La Guinée quant à elle demeure encore, malgré la normalisation avec la France depuis 1978 sous Giscard, une exception dans le dispositif français en Afrique. Comparativement à la Côte d’Ivoire, Macron peut donc se permettre, tout en préservant l’essentiel avec la Guinée, une liberté de ton avec cette ancienne colonie indomptable et récalcitrante au déploiement à son égard de l’ordre politique français. De Sékou Touré à Alpha Condé, en passant par Lansana Conté et éphémèrement par Dadis Camara, la politique étrangère guinéenne est restée constamment tournée, malgré le bon état des relations franco guinéennes depuis quelques décennies, vers certains pays qui sont aujourd’hui des concurrents déclarés à l’influence française en Afrique francophone. Il s’agit de la Russie, de la Chine et de la Turquie. Les deux premiers sont les alliés historiques de la Guinée, non regardant du projet de troisième mandat de son président et surtout disposés à le soutenir à l’international. L’agacement de Macron par rapport à cette situation n’est un secret pour personne.

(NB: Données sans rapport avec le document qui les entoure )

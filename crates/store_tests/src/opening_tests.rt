//! Tests of archives that are opened after a stop of the call before, after a call of the disk
//! failed, and after an opening failed.
ghost use Rattle.std.specs.Prelude.{◌≤◌, IfSome, IfOk, OnOk};
ghost use Rattle.disk_model.specs.Disk.{WhereTold};
ghost use Rattle.epoch_store.specs.Commands.{StoreHasSizes};

use crate::making_tests::{make, put};
use crate::removal_tests::remove_first;
use arch_base::NoMemory;
use arch_model::{EntryLine, OpenRefusal};
use disk_model::{Disk, FuseDisk, MemDisk};
use epoch_file::StoreRefusal;
use epoch_store::Store;
use fixtures::{FIRST, SECOND, empty_disk};
use std::alloc::Global;
use std::process::Abort;
use std::test::Fail;

/// More calls than any test makes on a disk.
pub(crate) const ENOUGH: u64 = 1000;

/// What is asked of an archive: the number of the next message, and each entry.
#[derive(PartialEq, Eq, Drop)]
pub(crate) struct Listing {
    pub(crate) next: u32,
    pub(crate) entries: Vec<EntryLine>,
}

/// Returns what an archive has.
pub(crate) fn listed(alloc: Global, store: &Store) -> Result<Listing, NoMemory> {
    let mut entries = Vec::new(alloc);
    for index in 0..store.stored().len() {
        if let Some(line) = store.entry(index as u64) {
            entries.push(line)?;
        }
    }
    Ok(Listing {
        next: store.next_number(),
        entries,
    })
}

/// Returns what the archive has that is opened on a disk, or `None` if there is no archive.
pub(crate) fn opened<D: Disk>(alloc: Global, disk: &mut D) -> Result<Option<Listing>, OpenRefusal> {
    match Store::open(alloc, disk) {
        Ok((store, _index)) => Ok(Some(listed(alloc, &store)?)),
        Err(OpenRefusal::NoArchive) => Ok(None),
        Err(refusal) => Err(refusal),
    }
}

/// Appends the first message to an archive and, if more calls are asked for, the second one too, and
/// removes the first one.
fn put_first<D: Disk>(
    alloc: Global,
    disk: &mut D,
    store: &mut Store,
    calls: u64,
) -> Result<(), StoreRefusal>
    requires sizes { WhereTold (StoreHasSizes store.old) (D.content disk.old) }
    ensures sizes { OnOk result (WhereTold (StoreHasSizes store.new) (D.content disk.new)) }
{
    if calls == 1 {
        return Ok(());
    }
    put(alloc, disk, store, FIRST)?;
    if calls == 2 {
        return Ok(());
    }
    put(alloc, disk, store, SECOND)?;
    if calls == 3 {
        return Ok(());
    }
    remove_first(alloc, disk, store)
}

/// Makes the first of four calls, as many as are asked for: an archive is made, two messages are
/// appended to it, and the first one is removed.
pub(crate) fn begin<D: Disk>(
    alloc: Global,
    disk: &mut D,
    limit: u64,
    calls: u64,
) -> Result<Option<Store>, StoreRefusal>
    requires low { 1 ≤ limit }
    requires high { limit ≤ 1099511627776 }
    ensures sizes { IfOk result (λ begun.
        IfSome begun (λ store. WhereTold (StoreHasSizes store) (D.content disk.new))) }
{
    if calls == 0 {
        return Ok(None);
    }
    let mut store = make(alloc, disk, limit)?;
    put_first(alloc, disk, &mut store, calls)?;
    Ok(Some(store))
}

/// Makes the next of the four calls.
fn go_on<D: Disk>(
    alloc: Global,
    disk: &mut D,
    limit: u64,
    store: Option<Store>,
) -> Result<(), StoreRefusal>
    requires low { 1 ≤ limit }
    requires high { limit ≤ 1099511627776 }
    requires sizes { IfSome store (λ begun. WhereTold (StoreHasSizes begun) (D.content disk.old)) }
{
    let Some(store) = store else {
        make(alloc, disk, limit)?;
        return Ok(());
    };
    let mut store = store;
    match store.next_number() {
        1 => put(alloc, disk, &mut store, FIRST),
        2 => put(alloc, disk, &mut store, SECOND),
        _ => remove_first(alloc, disk, &mut store),
    }
}

/// Returns what the archive has after this many of the four calls.
pub(crate) fn listed_after(alloc: Global, limit: u64, calls: u64) -> Result<Option<Listing>, Fail>
    requires low { 1 ≤ limit }
    requires high { limit ≤ 1099511627776 }
{
    let mut disk = empty_disk(alloc);
    match begin(alloc, &mut disk, limit, calls)? {
        None => Ok(None),
        Some(store) => Ok(Some(listed(alloc, &store)?)),
    }
}

/// A call: what the archive has before it and after it, and whether either was found after a stop
/// of it.
#[derive(Drop)]
pub(crate) struct Change {
    before: Option<Listing>,
    after: Option<Listing>,
    found_before: bool,
    found_after: bool,
}

impl Change {
    /// Returns the call before which, and after which, the archive has this.
    pub(crate) fn of(before: Listing, after: Listing) -> Change {
        Change {
            before: Some(before),
            after: Some(after),
            found_before: false,
            found_after: false,
        }
    }

    /// Returns whether both were found after stops.
    pub(crate) fn found_both(&self) -> bool {
        self.found_before && self.found_after
    }

    /// Returns the call before which, and after which, the archive has this many of the four calls.
    pub(crate) fn crash_between(
        alloc: Global,
        limit: u64,
        before: u64,
        after: u64,
    ) -> Result<Change, Fail>
        requires low { 1 ≤ limit }
        requires high { limit ≤ 1099511627776 }
    {
        Ok(Change {
            before: listed_after(alloc, limit, before)?,
            after: listed_after(alloc, limit, after)?,
            found_before: false,
            found_after: false,
        })
    }

    /// Returns whether this was there before or after the call.
    pub(crate) fn finds(&mut self, found: &Option<Listing>) -> bool {
        let is_before = *found == self.before;
        let is_after = *found == self.after;
        self.found_before = self.found_before || is_before;
        self.found_after = self.found_after || is_after;
        is_before || is_after
    }
}

/// Opens an image that a crash at a moment may leave, and returns whether it is the archive before
/// a call or after it. If the call is done, it has to be the latter.
fn is_image(
    alloc: Global,
    disk: &MemDisk,
    (at, pick): (u64, u64),
    change: &mut Change,
    done: bool,
) -> Result<bool, Fail> {
    if at > disk.moments() || pick > 3 {
        return Ok(false);
    }
    let mut image = disk.image(at, pick)?;
    let found = opened(alloc, &mut image)?;
    let known = change.finds(&found);
    Ok(known && (!done || found == change.after))
}

/// Opens each image that a crash at a moment may leave. Each is the archive before a call or after
/// it; if the call is done, the latter.
fn open_moment(
    rt: &impl Abort,
    alloc: Global,
    disk: &MemDisk,
    at: u64,
    change: &mut Change,
    done: bool,
) -> Result<(), Fail> {
    for pick in 0..4 {
        assert!(rt;
            is_image(alloc, disk, (at, pick), change, done)?,
            "moment {at}, pick {pick}"
        );
    }
    Ok(())
}

/// Opens each image that a crash may leave at a moment or at a later one. At the last moment the
/// call may be done.
pub(crate) fn open_since(
    rt: &impl Abort,
    alloc: Global,
    disk: &MemDisk,
    start: u64,
    change: &mut Change,
    done: bool,
) -> Result<(), Fail> {
    let end = disk.moments();
    for at in start..=end {
        open_moment(rt, alloc, disk, at, change, done && at == end)?;
    }
    Ok(())
}

/// Opens each image that a crash now may leave after a call that was stopped. If it is done, opens each
/// since it began.
///
/// A change of the disk is one call of it, so each moment of the call is the last one of some stop.
pub(crate) fn open_stopped(
    rt: &impl Abort,
    alloc: Global,
    disk: &MemDisk,
    start: u64,
    change: &mut Change,
    done: bool,
) -> Result<(), Fail> {
    let first = if done { start } else { disk.moments() };
    open_since(rt, alloc, disk, first, change, done)
}

/// A disk after a call that was stopped: how many changes it had before the call, and what the call
/// answered.
#[derive(Drop)]
struct Stopped {
    disk: MemDisk,
    start: u64,
    answer: Result<(), StoreRefusal>,
}

/// Stops the call that follows this many others after this many calls of the disk.
fn stop(alloc: Global, limit: u64, calls: u64, passes: u64) -> Result<Stopped, StoreRefusal>
    requires low { 1 ≤ limit }
    requires high { limit ≤ 1099511627776 }
{
    let mut disk = empty_disk(alloc);
    let store = begin(alloc, &mut disk, limit, calls)?;
    let start = disk.moments();
    let mut fuse = FuseDisk::new(disk, passes);
    let answer = go_on(alloc, &mut fuse, limit, store);
    Ok(Stopped {
        disk: fuse.into_inner(),
        start,
        answer,
    })
}

/// Stops the call that follows this many others after this many calls of the disk, and opens what is
/// left. Returns whether there was no stop.
fn stop_after(
    rt: &impl Abort,
    alloc: Global,
    limit: u64,
    calls: u64,
    passes: u64,
    change: &mut Change,
) -> Result<bool, Fail>
    requires low { 1 ≤ limit }
    requires high { limit ≤ 1099511627776 }
{
    let stopped = stop(alloc, limit, calls, passes)?;
    let done = stopped.answer.is_ok();
    assert!(rt; done || stopped.answer == Err(StoreRefusal::DiskFault));
    open_stopped(rt, alloc, &stopped.disk, stopped.start, change, done)?;
    Ok(done)
}

/// Stops the call that follows this many others after 0, 1, 2 .. calls of the disk, up to the first
/// run without a stop.
fn stop_each(
    rt: &impl Abort,
    alloc: Global,
    limit: u64,
    calls: u64,
    change: &mut Change,
) -> Result<(), Fail>
    requires low { 1 ≤ limit }
    requires high { limit ≤ 1099511627776 }
{
    assert!(rt; change.before != change.after);
    for passes in 0..ENOUGH {
        if stop_after(rt, alloc, limit, calls, passes, change)? {
            assert!(rt; change.found_both() && passes > 0);
            return Ok(());
        }
    }
    Ok(assert!(rt; false, "no run without a stop"))
}

/// Stops the call that follows this many others after each call of the disk, with epochs of this
/// least length.
fn stop_call(rt: &impl Abort, alloc: Global, limit: u64, calls: u64) -> Result<(), Fail>
    requires low { 1 ≤ limit }
    requires high { limit ≤ 1099511627776 }
    requires calls { calls ≤ 3 }
{
    let mut change = Change::crash_between(alloc, limit, calls, calls + 1)?;
    stop_each(rt, alloc, limit, calls, &mut change)
}

#[test]
fn a_stop_leaves_the_archive_before_or_after(rt: HostRuntime) -> Result<(), Fail> {
    for calls in 0..4 {
        // All entries in one epoch, and each in its own.
        stop_call(&rt, rt.alloc(), 1_073_741_824, calls)?;
        stop_call(&rt, rt.alloc(), 316, calls)?;
    }
    Ok(())
}
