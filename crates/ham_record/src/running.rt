//! The run of a schedule, whose text isn't kept.

ghost use Rattle.std.specs.Prelude.{◌≡◌, ◌+◌, ◌^◌, ◌≤◌, ◌<◌, false, length};
ghost use Rattle.ham_text.specs.Cuts.{lines_of};
ghost use Rattle.ham_grammar.specs.Computed.{read_of};
ghost use Rattle.ham_replay.specs.Replays as replays;
ghost use Rattle.ham_replay.specs.Claims.{ArePlans, settings_of};
ghost use Rattle.ham_replay.specs.Ends.{left};
ghost use Rattle.ham_record.specs.Recorded.{MakesWorld, PlaysRest};

use ham_grammar::{Line, LineFault, is_skipped, read_line};
use ham_lists::{Items, NoMemory as OutOfMemory};
use ham_replay::line::play_line;
use ham_replay::{LineRefusal, Plans, Refusal, plan_for};
use ham_syntax::Object;
use ham_syntax::limits::MAX_REPLICAS;
use ham_text::first_line;
use ham_world::World;
use std::alloc::Global;

/// Why a schedule isn't run to its end.
#[derive(Clone, Copy, Debug, PartialEq, Eq, Drop)]
pub enum Halt {
    /// The first line that is refused.
    Refused(Refusal),
    NoMemory,
}

impl From<OutOfMemory> for Halt {
    ghost use Rattle.std.specs.Prelude.{◌≡◌};
    ghost use Rattle.ham_record.specs.declared.running.Halt.TheVariants.{NoMemory};

    ghost from_gives = { λ _ e. e ≡ NoMemory };

    fn from(_e: OutOfMemory) -> Halt {
        Halt::NoMemory
    }
}

/// The world that the schedule's lines make, or its first refused line. Lines that are skipped come to nothing; the first
/// of the others makes the world.
pub(crate) fn run(
    alloc: Global,
    object: &Object,
    plans: &Plans,
    schedule: &[u8],
) -> Result<World, Halt>
    requires { ArePlans object.now plans.now.at }
    ensures { MakesWorld object.now (settings_of plans.now.at) (replays.played object.now (settings_of plans.now.at) schedule.now) result }
{
    let mut rest = schedule;
    let mut number = 1u64;
    while !rest.is_empty() {
        let (line, after) = first_line(rest);
        if !is_skipped(line) {
            return run_first(alloc, object, plans, number, line, after);
        }
        rest = after;
        number += 1;
    }
    Err(not_a_line(number))
}

fn not_a_line(line: u64) -> Halt
    ensures { result ≡ Halt.Refused (record { line = line; why = LineRefusal.NotALine }) }
{
    Halt::Refused(Refusal {
        line,
        why: LineRefusal::NotALine,
    })
}

/// The first line that isn't skipped makes the world, and the others are played in it.
fn run_first(
    alloc: Global,
    object: &Object,
    plans: &Plans,
    number: u64,
    line: &[u8],
    rest: &[u8],
) -> Result<World, Halt>
    requires plans { ArePlans object.now plans.now.at }
    requires few { number + length rest.now ≤ 2 ^ 63 }
    ensures { MakesWorld object.now (settings_of plans.now.at) (replays.played_first object.now (settings_of plans.now.at) number (lines_of rest.now) (read_of object.now line.now)) result }
{
    match read_line(alloc, object, line) {
        Ok(Line::Replicas(count)) => run_world(alloc, object, plans, count, number, rest),
        Ok(Line::Act(_)) => Err(not_a_line(number)),
        Ok(Line::Ask(_)) => Err(not_a_line(number)),
        Err(LineFault::NoMemory) => Err(Halt::NoMemory),
        Err(LineFault::NotALine) => Err(not_a_line(number)),
        Err(LineFault::UnknownName) => Err(not_a_line(number)),
        Err(LineFault::BadKey) => Err(not_a_line(number)),
    }
}

/// Makes the world of so many replicas, and plays the lines after that one.
fn run_world(
    alloc: Global,
    object: &Object,
    plans: &Plans,
    count: u8,
    number: u64,
    rest: &[u8],
) -> Result<World, Halt>
    requires plans { ArePlans object.now plans.now.at }
    requires some { 1 ≤ count }
    requires most { count ≤ MAX_REPLICAS }
    requires few { number + length rest.now ≤ 2 ^ 63 }
    ensures { MakesWorld object.now (settings_of plans.now.at) (replays.played_made object.now (settings_of plans.now.at) number count (lines_of rest.now)) result }
{
    let mut world = World::new(alloc, object, plan_for(object, plans, count))?;
    run_rest(alloc, &mut world, number + 1, rest)?;
    Ok(world)
}

/// Plays the lines from the one with this number on.
fn run_rest(alloc: Global, world: &mut World, first: u64, lines: &[u8]) -> Result<(), Halt>
    requires going { world.old.stopped ≡ false }
    requires few { first + length lines.now ≤ 2 ^ 63 + 1 }
    ensures { PlaysRest world.old world.new (left world.old first (lines_of lines.now)) result }
{
    let mut text = Items::new(alloc);
    let mut rest = lines;
    let mut number = first;
    while !rest.is_empty() {
        let (line, after) = first_line(rest);
        text.truncate(0);
        if let Some(why) = play_line(alloc, world, line, &mut text)? {
            return Err(Halt::Refused(Refusal { line: number, why }));
        }
        rest = after;
        number += 1;
    }
    Ok(())
}
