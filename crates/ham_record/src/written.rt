//! What is recorded of a schedule, and written.

ghost use Rattle.std.specs.Prelude.{◌≡◌, ◌≤◌};
ghost use Rattle.ham_bytes.specs.Causes.{Rose};
ghost use Rattle.ham_replay.specs.Replays as replays;
ghost use Rattle.ham_replay.specs.Claims.{ArePlans, settings_of};
ghost use Rattle.ham_replay.specs.Ends.{EndsAs, Writes};
ghost use Rattle.ham_record.specs.Recorded as records;

use crate::logs::logs_text;
use crate::running::{Halt, run};
use ham_audit::laws::runs_have_no_fault;
use ham_bytes::{Sink, SinkFault, put_all};
use ham_lists::Bytes;
use ham_records::laws::records_read_back;
use ham_replay::laws::replays_are_runs;
use ham_replay::{Plans, Refusal, ReplayEnd, refusal_text};
use ham_syntax::Object;
use std::alloc::Global;

/// The text of the logs of the run that the schedule's lines make, or why it isn't run to its end.
pub fn recorded(
    alloc: Global,
    object: &Object,
    plans: &Plans,
    schedule: &[u8],
) -> Result<Bytes, Halt>
    requires { ArePlans object.now plans.now.at }
    ensures { records.IsRecord object.now (settings_of plans.now.at) (replays.played object.now (settings_of plans.now.at) schedule.now) result }
{
    replays_are_runs();
    runs_have_no_fault();
    records_read_back();
    object.methods();
    let world = run(alloc, object, plans, schedule)?;
    Ok(logs_text(alloc, &world)?)
}

/// Writes the text of the logs of the run that the schedule's lines make; of a schedule with a refused line, only its
/// refusal.
pub fn write_logs<K: Sink>(
    alloc: Global,
    object: &Object,
    plans: &Plans,
    schedule: &[u8],
    out: &mut K,
) -> ReplayEnd
    requires { ArePlans object.now plans.now.at }
    ensures ends { EndsAs (replays.played object.now (settings_of plans.now.at) schedule.now) result }
    ensures writes { Writes (K.taken out.old) (K.taken out.new) (records.recorded object.now (settings_of plans.now.at) (replays.played object.now (settings_of plans.now.at) schedule.now)) result }
    ensures accepted { result ≡ ReplayEnd.Done → records.IsAccepted object.now (settings_of plans.now.at) (replays.played object.now (settings_of plans.now.at) schedule.now) }
    ensures later { K.faults out.old ≤ K.faults out.new }
    ensures cause { result ≡ ReplayEnd.WriteFault → Rose (K.faults out.old) (K.faults out.new) }
{
    match recorded(alloc, object, plans, schedule) {
        Ok(text) => match put_all(out, text.items()) {
            Ok(()) => ReplayEnd::Done,
            Err(SinkFault) => ReplayEnd::WriteFault,
        },
        Err(Halt::Refused(refusal)) => write_refusal(alloc, refusal, out),
        Err(Halt::NoMemory) => ReplayEnd::NoMemory,
    }
}

/// Writes the line of a refusal.
fn write_refusal<K: Sink>(alloc: Global, refusal: Refusal, out: &mut K) -> ReplayEnd
    ensures ends { records.EndsRefused refusal result }
    ensures writes { Writes (K.taken out.old) (K.taken out.new) (replays.refusal_text refusal) result }
    ensures later { K.faults out.old ≤ K.faults out.new }
    ensures cause { result ≡ ReplayEnd.WriteFault → Rose (K.faults out.old) (K.faults out.new) }
{
    match refusal_text(alloc, refusal) {
        Ok(text) => match put_all(out, text.as_bytes()) {
            Ok(()) => refused(refusal),
            Err(SinkFault) => ReplayEnd::WriteFault,
        },
        Err(_) => ReplayEnd::NoMemory,
    }
}

fn refused(refusal: Refusal) -> ReplayEnd
    ensures { result ≡ ReplayEnd.Refused refusal.line refusal.why }
{
    let Refusal { line, why } = refusal;
    ReplayEnd::Refused { line, why }
}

Le discours de Ouagadougou déjà aux oubliettes ?
Les déclarations de Macron à l’égard d’Alpha Condé au sujet d’un mandat de plus, sont-elles annonciatrices d’un revirement durable ou temporaire de sa politique africaine?La question mérite d’être posée tant ces déclarations contrastent avec le contenu et l’orientation de son discours du 28 novembre 2017 prononcé à l’Université de Ouagadougou.
Macron disait ceci alors ceci à propos des conflits politiques en Afrique : « Je suis d’une génération où on ne vient pas dire à l’Afrique ce qu’elle doit faire, quelles sont les règles de l’Etat de droit mais où partout on encouragera celles et ceux qui en Afrique veulent prendre leurs responsabilités, veulent faire souffler le vent de la liberté et de l’émancipation comme vous l’avez fait ici ». Plus loin, il poursuit « Le président de la République française n’a pas à expliquer dans un pays africain comment on organise la Constitution, comment on organise des élections ou la vie libre de l’opposition. Je n’entends d’ailleurs pas cela d’un président africain pour ce qui concerne l’Europe ».
Les contradictions entre le discours de Macron à Ouagadougou et ses récentes déclarations sur le troisième mandat en Côte d’Ivoire et en Guinée, jettent un doute sur sa volonté affichée de rompre avec la politique paternaliste de ses prédécesseurs dans leurs relations avec l’Afrique francophone. Une politique faite de codes, d’usages, de deals et autres pratiques peu recommandables entre partenaires souverains qui se respectent et qui entendent donner une base saine et transparente à leurs relations.
La fin annoncée de la françafrique n’est certainement pas pour demain.